I've got a couple of short surf rods listed right now. 8 foot Penn Power Stick and American Rodsmith's Surf. Either will out perform the large diameter, heavy surf rods. Check the "Fishing Gear For Sale" section.


----------



## Pompano Joe (Jan 28, 2009)

Picked up another Perdido Bull on New Years Day...only bite we got.


----------



## jspooney (Oct 2, 2007)

That's why you should start hunting, Joe. We hunted 4 days and saw nothing! If you hunted, you wouldn't have to worry about seeing so much wild game.


----------



## Pompano Joe (Jan 28, 2009)

jspooney said:


> That's why you should start hunting, Joe. We hunted 4 days and saw nothing! If you hunted, you wouldn't have to worry about seeing so much wild game.


Bummer! Let's go fishing!


----------



## matt c (Mar 29, 2010)

*perdido key*

nice fish is that a tica reel on that rod? how do you like it?


----------



## Pompano Joe (Jan 28, 2009)

Tica Caiman Wasabi 200. Sweet purpose built surf reel. I have one for sale on PFF.


----------



## pompano67 (Oct 28, 2013)

As always nice Joe..Did I understand you right? You wanted to sell ME your TF for 10 bucks?? Wow what a great guy !!!! LOL I wish.. The W&M 12' I have is a surf custom a friend of ours ordered for me. A bit over the 100 mark..But worth every dime.
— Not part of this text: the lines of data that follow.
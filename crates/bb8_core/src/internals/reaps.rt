//! The reap, the eviction of one idle connection, and the retirement of everything that exists.
ghost use Rattle.std.specs.Prelude.{◌≡◌, ◌+◌, IfOk};
ghost use Rattle.bb8_ledger.specs.Acts as acts;
ghost use Rattle.bb8_core.specs.Closings.{OffersReaped, OffersRetired};
ghost use Rattle.bb8_core.specs.StepBounds.{out_of, IsBounded};
ghost use Rattle.bb8_core.specs.StateView.{Steps};
ghost use Rattle.bb8_core.specs.StepAnswers.{answer_of_evict, answer_of_reap, closed_in, HandsOutIdle};
ghost use Rattle.bb8_core.specs.Unfit.{Stepped};

use super::decided::{retiring, want};
use super::{ClosedList, EvictAnswer, Key, PoolInternals, ReapAnswer, Unfit};
use bb8_tables::AccessCounter;
use bb8_types::api::Moment;

impl<C: Drop, A> PoolInternals<C, A> {
    /// Closes each idle connection that exceeds `max_lifetime`, then those that exceed
    /// `idle_timeout`, the longest idle first, sparing `min_idle`; then grants what is wanted. Each
    /// counts once: as too old, or else as idle too long. No get is notified. The connections are
    /// dropped here. If no handle is alive, only the latest moment changes. It reads the entries of
    /// the connections that end, at most those of checked-out ones, and two more.
    pub fn reap(&mut self, at: Moment) -> ReapAnswer
        ensures step { Steps self.old at.0 acts.Reap (answer_of_reap result) self.new }
        ensures bounds { IsBounded 0 0 (closed_in result + out_of self.old + 2) 0
            self.old self.new }
    {
        let mut dropped = self.records.no_list();
        self.reap_into(at, &mut dropped)
    }

    /// Evicts an idle connection, for the caller to drop. Its record ends, what is wanted is
    /// granted, and the longest waiter is notified, as when a guard detaches it. If the number is
    /// not that of an idle connection, nothing changes. It is looked up once.
    pub fn evict(&mut self, at: Moment, k: Key) -> Result<EvictAnswer<C>, Unfit>
        ensures step { Stepped Steps (answer_of_evict k.number)
            self.old at.0 (acts.Evict k.number) result self.new }
        ensures connection { IfOk result (HandsOutIdle self.old k.number) }
        ensures bounds { IsBounded 0 0 2 1 self.old self.new }
    {
        let mut accesses = AccessCounter::NONE;
        match self.records.evict(k, &mut accesses) {
            None => {
                self.accesses.end_unfit(accesses);
                Err(Unfit)
            }
            Some(conn) => {
                self.latest = self.latest.max(at.0);
                let wanted = want(&self.config, self.handles, &self.records);
                let grant = self.records.grant(wanted, false);
                self.counters.detach();
                let notified = self.gets.notify(&mut accesses);
                self.accesses.end(accesses);
                Ok(EvictAnswer::Evicted(conn, grant, notified))
            }
        }
    }

    /// Retires all connections and approvals that have numbers now. Idle connections are closed,
    /// checked-out ones when they are returned, and those of attempts in progress when they are
    /// opened. No get is notified. The connections are dropped here. While no handle is alive, none
    /// is idle.
    pub fn retire(&mut self, at: Moment) -> ReapAnswer
        ensures step { Steps self.old at.0 acts.Retire (answer_of_reap result) self.new }
        ensures bounds { IsBounded 0 0 (closed_in result + out_of self.old + 2) 0
            self.old self.new }
    {
        let mut dropped = self.records.no_list();
        self.retire_into(at, &mut dropped)
    }

    /// As `reap`, but moves the connections that it closes into a list, in the order in which it
    /// closes them. Those for which the list has no capacity are dropped.
    pub fn reap_into(&mut self, at: Moment, closed: &mut ClosedList<C>) -> ReapAnswer
        ensures closed { OffersReaped self.old at.0 result closed.old closed.new }
        ensures step { Steps self.old at.0 acts.Reap (answer_of_reap result) self.new }
        ensures bounds { IsBounded 0 0 (closed_in result + out_of self.old + 2) 0
            self.old self.new }
    {
        let now = self.latest.max(at.0);
        self.latest = now;
        let mut accesses = AccessCounter::NONE;
        if self.handles == 0 {
            self.accesses.end(accesses);
            return ReapAnswer::Ended;
        }
        let reaped = self.records.reap(&self.config, now, closed, &mut accesses);
        self.accesses.end(accesses);
        let wanted = want(&self.config, self.handles, &self.records);
        let grant = self.records.grant(wanted, false);
        self.counters.reap(reaped.by_idle, reaped.by_life);
        ReapAnswer::Reaped {
            closed: reaped.closed,
            by_idle: reaped.by_idle,
            by_life: reaped.by_life,
            grant,
        }
    }

    /// As `retire`, but moves the connections that it closes into a list, as `reap_into` does.
    pub fn retire_into(&mut self, at: Moment, closed: &mut ClosedList<C>) -> ReapAnswer
        ensures closed { OffersRetired self.old at.0 result closed.old closed.new }
        ensures step { Steps self.old at.0 acts.Retire (answer_of_reap result) self.new }
        ensures bounds { IsBounded 0 0 (closed_in result + out_of self.old + 2) 0
            self.old self.new }
    {
        let now = self.latest.max(at.0);
        self.latest = now;
        self.retired = self.records.next_number();
        let mut accesses = AccessCounter::NONE;
        if self.handles == 0 {
            self.accesses.end(accesses);
            return ReapAnswer::Ended;
        }
        self.closed_below = self.retired;
        // A reap at which every idle connection has lived too long.
        let all = retiring(&self.config);
        let reaped = self.records.reap(&all, now, closed, &mut accesses);
        self.accesses.end(accesses);
        let wanted = want(&self.config, self.handles, &self.records);
        let grant = self.records.grant(wanted, false);
        let count = reaped.closed;
        self.counters.retire(count);
        ReapAnswer::Reaped {
            closed: count,
            by_idle: 0,
            by_life: 0,
            grant,
        }
    }
}
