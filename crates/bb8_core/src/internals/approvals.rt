//! Grants and claims approvals.
ghost use Rattle.std.specs.Prelude.{◌≡◌};
ghost use Rattle.bb8_ledger.specs.Acts as acts;
ghost use Rattle.bb8_ledger.specs.Answers as answers;
ghost use Rattle.bb8_core.specs.StepBounds.{IsBounded};
ghost use Rattle.bb8_core.specs.StateView.{Steps};
ghost use Rattle.bb8_core.specs.StepAnswers.{answer_of_claim};

use super::decided::{due_asked, want};
use super::{ClaimAnswer, Grant, PoolInternals};
use bb8_tables::AccessCounter;
use bb8_types::api::Moment;

impl<C: Drop, A> PoolInternals<C, A> {
    /// Grants what is wanted: `min_idle` minus idle connections and open approvals. The approvals
    /// are claimed at once if `claimed` is set.
    pub fn fill(&mut self, at: Moment, claimed: bool) -> Grant
        ensures step { Steps self.old at.0 (acts.Fill claimed) (answers.Granted result) self.new }
        ensures bounds { IsBounded 0 0 0 0 self.old self.new }
    {
        self.latest = self.latest.max(at.0);
        self.accesses.end(AccessCounter::NONE);
        let wanted = want(&self.config, self.handles, &self.records);
        self.records.grant(wanted, claimed)
    }

    /// Grants what waiters lack: one approval for each unnotified waiter beyond the open approvals.
    /// This is for waiters whose connection attempts were given up: none of them asks again by
    /// itself.
    pub fn ask(&mut self, at: Moment) -> Grant
        ensures step { Steps self.old at.0 acts.Ask (answers.Granted result) self.new }
        ensures bounds { IsBounded 0 0 0 0 self.old self.new }
    {
        self.latest = self.latest.max(at.0);
        self.accesses.end(AccessCounter::NONE);
        let waiting = self.gets.unnotified();
        let due = due_asked(&self.config, self.handles, &self.records, waiting);
        self.records.grant(due, false)
    }

    /// Claims the unclaimed approval with the lowest number.
    pub fn claim(&mut self, at: Moment) -> ClaimAnswer
        ensures step { Steps self.old at.0 acts.Claim (answer_of_claim result) self.new }
        ensures bounds { IsBounded 0 0 1 0 self.old self.new }
    {
        self.latest = self.latest.max(at.0);
        let mut accesses = AccessCounter::NONE;
        if self.handles == 0 {
            self.accesses.end(accesses);
            return ClaimAnswer::Ended;
        }
        let claimed = self.records.claim(&mut accesses);
        self.accesses.end(accesses);
        ClaimAnswer::Claimed(claimed)
    }
}
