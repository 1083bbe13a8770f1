//! Decisions and changes that several steps share.
ghost use Rattle.std.specs.Prelude.{◌≡◌, ℕ, ◌+◌, ◌-◌, ◌<◌, ◌≤◌, ◌||◌, cond, ltb, slice_get, true, false, None, Some};
ghost use Rattle.std.specs.FinMap as map;
ghost use Rattle.std.specs.Option.{ForSome, option_map};
ghost use Rattle.std.specs.Duration.{as_nanos};
ghost use Rattle.bb8_core.specs.Pool.{IsMaxAge};
ghost use Rattle.bb8_types.specs.Bounds.{end_of_numbers, most_records};
ghost use Rattle.bb8_types.specs.Grants as grants;
ghost use Rattle.bb8_types.specs.Numbered as numbered;
ghost use Rattle.bb8_types.specs.Places as places;
ghost use Rattle.bb8_types.specs.Settings.{settings_of};
ghost use Rattle.bb8_types.specs.declared.standing.Holder.TheVariants.{Guard, Get};
ghost use Rattle.bb8_types.specs.declared.standing.Standing.{Standing};
ghost use Rattle.bb8_tables.specs.Keys.{notified_of};
ghost use Rattle.bb8_tables.specs.AccessCount.{AddsReads};
ghost use Rattle.bb8_tables.specs.Machine as machine;
ghost use Rattle.bb8_core.specs.Decided as decided;

use bb8_tables::AccessCounter;
use bb8_tables::gets::Gets;
use bb8_tables::keys::{GetKey, Key};
use bb8_tables::records::{Records, one};
use bb8_types::api::Config;
use bb8_types::grants::Grant;
use bb8_types::standing::Holder;
use std::time::Duration;

/// Returns how many approvals a grant should make.
#[inline]
fn due(config: &Config, handles: u64, taken: u64, asked: u64) -> u64
    ensures { result ≡ grants.due (settings_of config.now) handles taken asked }
{
    if handles == 0 {
        0
    } else {
        asked.min((config.max_size as u64).saturating_sub(taken))
    }
}

/// Returns how many of the wanted approvals are due, while a handle is alive.
pub(super) fn want_with_handle<C: Drop>(config: &Config, records: &Records<C>) -> u64
    ensures { (handles : ℕ) → 0 < handles
        → result ≡ decided.want (settings_of config.now) handles records.now }
{
    let Some(least) = config.min_idle else {
        return 0;
    };
    let taken = records.used();
    if taken >= config.max_size as u64 {
        return 0;
    }
    let room = config.max_size as u64 - taken;
    (least as u64).saturating_sub(records.ready()).min(room)
}

/// Returns how many of the wanted approvals are due.
pub(super) fn want<C: Drop>(config: &Config, handles: u64, records: &Records<C>) -> u64
    ensures { result ≡ decided.want (settings_of config.now) handles records.now }
{
    if handles == 0 {
        0
    } else {
        want_with_handle(config, records)
    }
}

/// Returns how many approvals are due to a get that waits: one is requested if there are more gets
/// than open approvals.
pub(super) fn due_waiting<C: Drop>(
    config: &Config,
    handles: u64,
    records: &Records<C>,
    alive: u64,
) -> u64
    ensures { result ≡ grants.due (settings_of config.now) handles
        (records.now.conns + records.now.approved) (numbered.one (ltb records.now.approved alive)) }
{
    let asked = one(records.approved() < alive);
    due(config, handles, records.used(), asked)
}

/// Returns how many approvals are due to `waiting` unnotified waiters: those without an open
/// approval request one each.
pub(super) fn due_asked<C: Drop>(
    config: &Config,
    handles: u64,
    records: &Records<C>,
    waiting: u64,
) -> u64
    ensures { result ≡ grants.due (settings_of config.now) handles
        (records.now.conns + records.now.approved) (waiting - records.now.approved) }
{
    let asked = waiting.saturating_sub(records.approved());
    due(config, handles, records.used(), asked)
}

/// Returns the greatest age, in nanoseconds, that does not reach a limit.
pub(super) fn max_age(limit: Option<Duration>) -> u64
    requires { ForSome limit (λ l. 0 < as_nanos l) }
    ensures { IsMaxAge (option_map as_nanos limit) result }
{
    match limit {
        None => u64::MAX,
        Some(limit) => (limit.as_nanos() - 1).min(u64::MAX as u128) as u64,
    }
}

/// Returns the configuration for a reap that ends all idle connections: each lives too long.
pub(super) fn retiring(config: &Config) -> Config
    ensures { settings_of result ≡ record (settings_of config.now) { max_lifetime = Some 0 } }
{
    let mut all = *config;
    all.max_lifetime = Some(Duration::from_nanos(0));
    all
}

/// Returns whether at least one holds.
#[inline]
pub(super) fn either(a: bool, b: bool) -> bool
    ensures { result ≡ (a || b) }
{
    a || b
}

/// Returns whether a connection with this birth lives too long.
pub(super) fn is_expired(config: &Config, now: u64, birth: u64) -> bool
    ensures { result ≡ places.is_expired (settings_of config.now).max_lifetime now birth }
{
    match config.max_lifetime {
        None => false,
        Some(lifetime) => lifetime.as_nanos() <= now.saturating_sub(birth) as u128,
    }
}

/// Notifies the longest waiter that was not notified, if the test passes.
#[inline]
pub(super) fn notify_next_if(
    gets: &mut Gets,
    test: bool,
    accesses: &mut AccessCounter,
) -> Option<GetKey>
    ensures value { notified_of result ≡ cond test (slice_get gets.old.waiting 0) None }
    ensures state { gets.new ≡ machine.after_notice (notified_of result) gets.old }
    ensures examined { AddsReads 1 0 accesses.old accesses.new }
{
    if test { gets.notify(accesses) } else { None }
}

/// Returns whether the first idle connection must be checked before a get is served with it. Reads
/// one entry if its idle time decides.
#[inline(always)]
pub(super) fn checks_first<C: Drop>(
    config: &Config,
    records: &Records<C>,
    now: u64,
    accesses: &mut AccessCounter,
) -> bool
    ensures value { (k : ℕ) → places.first_of (settings_of config.now).queue_strategy
        records.now.idle ≡ Some k → result ≡ places.is_checked (settings_of config.now) now
        (places.entered_in (map.get records.now.places k)) }
    ensures examined { AddsReads 1 0 accesses.old accesses.new }
{
    if !config.test_on_check_out {
        return false;
    }
    if config.test_after.is_zero() {
        return true;
    }
    match records.first_entered(config.queue_strategy, accesses) {
        // None is idle, so nothing goes out.
        None => true,
        Some(entered) => config.test_after.as_nanos() <= now.saturating_sub(entered) as u128,
    }
}

/// Returns whether a connection whose check was cut off counts as broken.
#[inline]
pub(super) fn is_doubtful(config: &Config, broken: bool) -> bool
    ensures { result ≡ places.is_doubtful (settings_of config.now) broken }
{
    broken || !config.test_after.is_zero()
}

/// Returns the holder of a connection that a try takes: the get if it must be checked first,
/// otherwise a guard.
pub(super) fn holder(checked: bool, get: GetKey) -> Holder
    ensures { result ≡ cond checked (Get get.number) Guard }
{
    if checked {
        Holder::Get(get.number)
    } else {
        Holder::Guard
    }
}

/// Ends a checked-out connection, and grants what is wanted then.
#[inline(always)]
pub(super) fn close_and_grant<C: Drop>(
    config: &Config,
    handles: u64,
    records: &mut Records<C>,
    k: Key,
    accesses: &mut AccessCounter,
) -> Grant
    requires out { (s : Standing C) × (map.get records.old.places k.number ≡ Some s)
        × (places.is_out s.place ≡ true) }
    requires size { records.old.conns + records.old.approved ≤ (settings_of config.now).max_size }
    requires few { (settings_of config.now).max_size ≤ most_records }
    ensures granted { machine.IsGrant (machine.after_close false k.number records.old)
        (decided.want (settings_of config.now) handles (machine.after_close false k.number
        records.old)) result }
    ensures state { records.new ≡ machine.after_grant false result
        (machine.after_close false k.number records.old) }
    ensures numbers { records.old.next ≤ end_of_numbers }
    ensures examined { AddsReads 0 1 accesses.old accesses.new }
{
    records.close(k, accesses);
    let wanted = want(config, handles, records);
    records.grant(wanted, false)
}
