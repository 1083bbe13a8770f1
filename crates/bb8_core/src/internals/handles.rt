//! The statistics of a pool, and its handles.
ghost use Rattle.std.specs.Prelude.{◌≡◌, ◌≤◌, IfOk};
ghost use Rattle.bb8_ledger.specs.Acts as acts;
ghost use Rattle.bb8_ledger.specs.Answers as answers;
ghost use Rattle.bb8_ledger.specs.Ledger as ledger;
ghost use Rattle.bb8_types.specs.Figures.{figures_of};
ghost use Rattle.bb8_core.specs.Closings.{OffersLeft, OffersShut};
ghost use Rattle.bb8_core.specs.StepBounds.{IsBounded};
ghost use Rattle.bb8_core.specs.StateView.{Represents, Steps, IsFitting};
ghost use Rattle.bb8_core.specs.StepAnswers.{answer_of_join, answer_of_leave, answer_of_look};
ghost use Rattle.bb8_core.specs.Unfit.{Stepped};

use super::{ClosedList, JoinAnswer, LeaveAnswer, Looked, PoolInternals, Unfit};
use bb8_tables::AccessCounter;
use bb8_types::api::{Moment, State};

impl<C: Drop, A> PoolInternals<C, A> {
    /// Returns the size and the statistics of the pool.
    pub fn state(&mut self, at: Moment) -> State
        ensures step { Steps self.old at.0 acts.State (answers.Shown (figures_of result)) self.new }
        ensures figures { (l : ledger.Ledger C) → Represents l self.old
            → figures_of result ≡ ledger.figures l }
        ensures size { result.connections ≤ self.old.config.max_size }
        ensures idle { result.idle_connections ≤ result.connections }
        ensures bounds { IsBounded 0 0 0 0 self.old self.new }
    {
        self.latest = self.latest.max(at.0);
        self.accesses.end(AccessCounter::NONE);
        State {
            connections: self.records.connections(),
            idle_connections: self.records.idle_connections(),
            statistics: self.counters.statistics(),
        }
    }

    /// Adds a handle, if fewer than 4,294,967,295 are alive. If none is, nothing changes.
    pub fn join(&mut self, at: Moment) -> Result<JoinAnswer, Unfit>
        ensures step { Stepped Steps answer_of_join self.old at.0 acts.Join result self.new }
        ensures bounds { IsBounded 0 0 0 0 self.old self.new }
    {
        if !self.fits_join() {
            self.accesses.end_unfit(AccessCounter::NONE);
            return Err(Unfit);
        }
        self.latest = self.latest.max(at.0);
        self.accesses.end(AccessCounter::NONE);
        if self.handles >= u32::MAX as u64 {
            return Ok(JoinAnswer::Exhausted);
        }
        self.handles += 1;
        Ok(JoinAnswer::Joined)
    }

    /// Drops a handle. With the last one all idle connections and all unclaimed approvals end; the
    /// connections are dropped here. If no handle is alive, nothing changes.
    pub fn leave(&mut self, at: Moment) -> Result<LeaveAnswer, Unfit>
        ensures step { Stepped Steps answer_of_leave self.old at.0 acts.Leave result self.new }
        ensures bounds { IsBounded 0 0 0 0 self.old self.new }
    {
        if !self.fits_leave() {
            self.accesses.end_unfit(AccessCounter::NONE);
            return Err(Unfit);
        }
        let mut dropped = self.records.no_list();
        Ok(self.leave_into(at, &mut dropped))
    }

    /// As `leave`, but moves the connections that it closes into a list, the longest idle first.
    /// Those for which the list has no capacity are dropped.
    pub fn leave_into(&mut self, at: Moment, closed: &mut ClosedList<C>) -> LeaveAnswer
        requires { IsFitting self.old acts.Leave }
        ensures step { Steps self.old at.0 acts.Leave (answer_of_leave result) self.new }
        ensures closed { OffersLeft self.old closed.old closed.new }
        ensures bounds { IsBounded 0 0 0 0 self.old self.new }
    {
        self.latest = self.latest.max(at.0);
        self.accesses.end(AccessCounter::NONE);
        if self.handles == 1 {
            self.handles = 0;
            self.closed_below = u64::MAX;
            return LeaveAnswer::Left(self.records.leave(closed));
        }
        self.handles -= 1;
        LeaveAnswer::Left(0)
    }

    /// Closes the pool: drops all handles at once. All idle connections and all unclaimed approvals
    /// end, as with the last handle; the connections are dropped here. If no handle is alive,
    /// nothing changes.
    pub fn close(&mut self, at: Moment) -> Result<LeaveAnswer, Unfit>
        ensures step { Stepped Steps answer_of_leave self.old at.0 acts.Close result self.new }
        ensures bounds { IsBounded 0 0 0 0 self.old self.new }
    {
        if !self.fits_close() {
            self.accesses.end_unfit(AccessCounter::NONE);
            return Err(Unfit);
        }
        let mut dropped = self.records.no_list();
        Ok(self.close_into(at, &mut dropped))
    }

    /// As `close`, but moves the connections that it closes into a list, the longest idle first.
    /// Those for which the list has no capacity are dropped.
    pub fn close_into(&mut self, at: Moment, closed: &mut ClosedList<C>) -> LeaveAnswer
        requires { IsFitting self.old acts.Close }
        ensures step { Steps self.old at.0 acts.Close (answer_of_leave result) self.new }
        ensures closed { OffersShut self.old closed.old closed.new }
        ensures bounds { IsBounded 0 0 0 0 self.old self.new }
    {
        self.latest = self.latest.max(at.0);
        self.accesses.end(AccessCounter::NONE);
        self.handles = 0;
        self.closed_below = u64::MAX;
        LeaveAnswer::Left(self.records.leave(closed))
    }

    /// Returns the effective moment, and whether a handle is alive.
    pub fn look(&mut self, at: Moment) -> Looked
        ensures step { Steps self.old at.0 acts.Look (answer_of_look result) self.new }
        ensures bounds { IsBounded 0 0 0 0 self.old self.new }
    {
        self.latest = self.latest.max(at.0);
        self.accesses.end(AccessCounter::NONE);
        Looked {
            moment: Moment(self.latest),
            alive: self.handles > 0,
        }
    }
}
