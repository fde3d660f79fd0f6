// The count program: reads standard input in large chunks, to its end or to the first line that is refused, and prints the report. The rest is in `packs`
// and `report`. (02, W-212)
#![tactic(auto)]

ghost use Rattle.std.specs.Prelude.{◌≡◌, length};
ghost use Rattle.protocol.specs.Bytes.{over};
ghost use Rattle.packs.specs.Count.{start_sheet};
ghost use Rattle.count.specs.Ending.{led_by, sheet_by, Stopped, text_at};

use chunks::Brought;
use packs::Sheet;
use protocol::bytes;
use report::Page;

// What is read at a time: two thousand lines and more. A larger array costs a run over a thousand packs more to clear than it saves.
const CHUNK_BYTES: usize = 16384;

// How the program came to the end of its reading.
#[derive(Clone, Copy, Debug, PartialEq, Eq)]
enum Ending {
    // The input has ended.
    Whole,
    // A line is refused, and nothing that follows is read.
    Refused,
    // A read failed.
    Failed,
    // As many chunks as a u64 counts were read, which no input comes to.
    Spent,
}

// Where it stopped: how, and the chunks that were left.
#[derive(Clone, Copy, Debug, PartialEq, Eq)]
struct Stop {
    ending: Ending,
    left: u64,
}

// After a read: the bytes that it brought are counted, and no others of the chunk. Where it brought none, the reading has ended.
// Stays: an arm for each way that a read goes: the match shows that none is missing, which a table of functions would not.
fn after(sheet: &mut Sheet, brought: Brought, chunk: &[u8; CHUNK_BYTES]) -> Result<(), Ending>
    ensures { (result ≡ led_by brought) × (sheet.new ≡ sheet_by brought chunk.now sheet.old) }
{
    match brought {
        Brought::Bytes(n) => {
            sheet.take(bytes::front(chunk, n));
            Ok(())
        }
        Brought::End => Err(Ending::Whole),
        Brought::Failed => Err(Ending::Failed),
    }
}

// Reads the input, chunk by chunk. The chunks are counted, since every loop has to be proved to end.
fn run<R: Input + Eprint + Alloc>(rt: &R, chunk: &mut [u8; CHUNK_BYTES], sheet: &mut Sheet) -> Stop
    requires { sheet.old ≡ start_sheet }
    ensures { Stopped result sheet.new }
{
    // Stays: `Stopped` speaks of what is left.
    for taken in 0..u64::MAX {
        let left = u64::MAX - taken;
        if sheet.reader.is_refused() {
            return Stop {
                ending: Ending::Refused,
                left,
            };
        }
        let brought = chunks::read(rt, chunk, b"count: standard input");
        if let Err(ending) = after(sheet, brought, chunk) {
            return Stop { ending, left };
        }
    }
    Stop {
        ending: Ending::Spent,
        left: 0,
    }
}

// The text to print, from the front of the page on. There is none where a read failed.
fn lay(stop: Stop, sheet: &Sheet, page: &mut Page)
    ensures { (page.new.at ≡ length (text_at stop sheet.now)) × (page.new.out ≡ over (text_at stop sheet.now) page.old.out) }
{
    match stop.ending {
        Ending::Whole | Ending::Refused => page.lay(sheet),
        Ending::Failed | Ending::Spent => page.at = 0,
    }
}

// Writes a text. Where that fails, it tells why on standard error.
fn write<R: Print + Eprint + Alloc>(rt: &R, text: &[u8]) {
    if let Err(error) = rt.write_all(text) {
        chunks::tell(rt, "count: standard output", error);
    }
}

fn main(rt: HostRuntime) {
    let mut chunk = [0u8; CHUNK_BYTES];
    let mut sheet = Sheet::start();
    let mut page = Page::new();
    let stop = run(&rt, &mut chunk, &mut sheet);
    lay(stop, &sheet, &mut page);
    write(&rt, page.text());
}
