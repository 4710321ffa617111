// A case out of its bytes, kind after kind, then over its plan.
pub mod booleans;
pub mod constraints;
pub mod families;
pub mod heading;
pub mod relations;

ghost use Rattle.std.specs.Prelude.{◌≡◌};
ghost use Rattle.records.specs.paper.Case.{case_records, read_case};
ghost use Rattle.records.specs.code.Decoded.{plan_of};
ghost use Rattle.records.specs.code.CaseRead.{case_read_of};

use crate::case::Case;
use crate::case::naming::case_naming;
use crate::case::reading::booleans::read_booleans;
use crate::case::reading::constraints::read_constraints;
use crate::case::reading::families::read_families;
use crate::case::reading::heading::read_case_heading;
use crate::case::reading::relations::read_relations;
use crate::checked::Checked;
use crate::fields::passing::ended;
use crate::plan::Plan;

// number 0: the case was read, and the record is free; else the refusal's number and record, and the case is free
#[derive(Drop)]
pub struct CaseRead {
    pub number: u8,
    pub record: usize,
    pub case: Case,
}

// Each reader hands a refusal on, so that what was read after it is empty.
pub fn read_case_records(s: &[u8]) -> CaseRead
    ensures { case_read_of result ≡ case_records s.now }
{
    let h = read_case_heading(s);
    let f = read_families(s, h.next);
    let b = read_booleans(s, f.next);
    let r = read_relations(s, b.next);
    let c = read_constraints(s, r.next);
    let end = ended(s, c.next);
    let heading = h.heading;
    let families = f.families;
    let booleans = b.booleans;
    let relations = r.relations;
    let constraints = c.constraints;
    let case = Case {
        headings: h.headings,
        heading: heading,
        families: families,
        booleans: booleans,
        relations: relations,
        constraints: constraints,
    };
    CaseRead {
        number: end.number,
        record: end.record,
        case: case,
    }
}

// A case over its plan: refusals 1, 2 and 3 as records are read, then 4 over all of them. In a refusal the case is free, in a success the record.
pub fn read_case(plan: Plan, s: &[u8]) -> CaseRead
    ensures { case_read_of result ≡ read_case (plan_of plan) s.now }
{
    let read = read_case_records(s);
    if read.number != 0 {
        return read;
    }
    let case = read.case;
    let named = case_naming(plan, case);
    let Checked::Refused { number, record } = named else {
        return read;
    };
    CaseRead {
        number: number,
        record: record,
        case: case,
    }
}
But we all know who has the best toys....POMPANO JOE ...it's ok POMPANO JOE I won't tell anyone it's you brother (POMPANO JOE) haha


----------



## Pompano Joe (Jan 28, 2009)

The Wasabi and my Breakaway rod have a new home. Had to catch this beast on an Ambassadeur 5500 C3 (mod). Big fish, light tackle...got to love it!

And yes, Pomp67, that's my Tommy Farmer!

Many thanks to Jim and Kevin for the photos and the landing assit.


----------



## Native Son (Oct 4, 2012)

Here's a couple more pics Joe. Thanks again for all the great tips yesterday, looking forward to fishing with you again in the future.


----------